--- Problem to work on ---
Scan the entries that follow and give only the number of lines containing "bool".

Collected data
-------
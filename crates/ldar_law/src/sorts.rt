//! Tests of a component's kind, designation and service.

ghost use Rattle.std.specs.Prelude.{◌≡◌};
ghost use Rattle.ldar_law.specs.Denials as denials;
ghost use Rattle.ldar_law.specs.Kinds as law;
ghost use Rattle.ldar_law.specs.Settling as settling;
ghost use Rattle.ldar_law.specs.Spans as spans;
ghost use Rattle.ldar_law.specs.Standing as standing;

use fact_kinds::{Designation, Kind, Service};

/// Whether the component is a valve.
pub fn is_valve(kind: Kind) -> bool
    ensures value { result ≡ spans.is_valve kind }
{
    matches!(kind, Kind::Valve)
}

/// Whether it is a pump.
pub fn is_pump(kind: Kind) -> bool
    ensures value { result ≡ law.is_pump kind }
{
    matches!(kind, Kind::Pump)
}

/// Whether it is a compressor.
pub fn is_compressor(kind: Kind) -> bool
    ensures value { result ≡ law.is_compressor kind }
{
    matches!(kind, Kind::Compressor)
}

/// Whether it is a valve or a pump, for which two clean months settle a delayed leak (40 CFR 60.482-9a(f)).
pub fn is_valve_or_pump(kind: Kind) -> bool
    ensures value { result ≡ settling.is_valve_or_pump kind }
{
    matches!(kind, Kind::Valve | Kind::Pump)
}

/// Whether a component has no designation.
pub fn is_none_designated(designation: Designation) -> bool
    ensures value { result ≡ standing.is_none_designated designation }
{
    matches!(designation, Designation::Plain)
}

/// Whether it is designated for no detectable emissions (40 CFR 60.482-2a(e), 60.482-3a(i), 60.482-7a(f)).
pub fn is_nde_designated(designation: Designation) -> bool
    ensures value { result ≡ standing.is_nde_designated designation }
{
    matches!(designation, Designation::Nde)
}

/// Whether it is designated as unsafe to monitor (40 CFR 60.482-2a(g), 60.482-7a(g)).
pub fn is_unsafe_designated(designation: Designation) -> bool
    ensures value { result ≡ standing.is_unsafe_designated designation }
{
    matches!(designation, Designation::Unsafe)
}

/// Whether it is designated as difficult to monitor (40 CFR 60.482-7a(h)).
pub fn is_difficult_designated(designation: Designation) -> bool
    ensures value { result ≡ standing.is_difficult_designated designation }
{
    matches!(designation, Designation::Difficult)
}

/// Whether the service is vacuum service (40 CFR 60.482-1a(d)).
pub fn is_vacuum(service: Service) -> bool
    ensures value { result ≡ denials.is_vacuum service }
{
    matches!(service, Service::Vacuum)
}

/// Whether the service is VOC service less than 300 hours a year (40 CFR 60.482-1a(e)).
pub fn is_under_300(service: Service) -> bool
    ensures value { result ≡ denials.is_under_300 service }
{
    matches!(service, Service::Under300)
}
-------
--- Reply to the exercise ---
10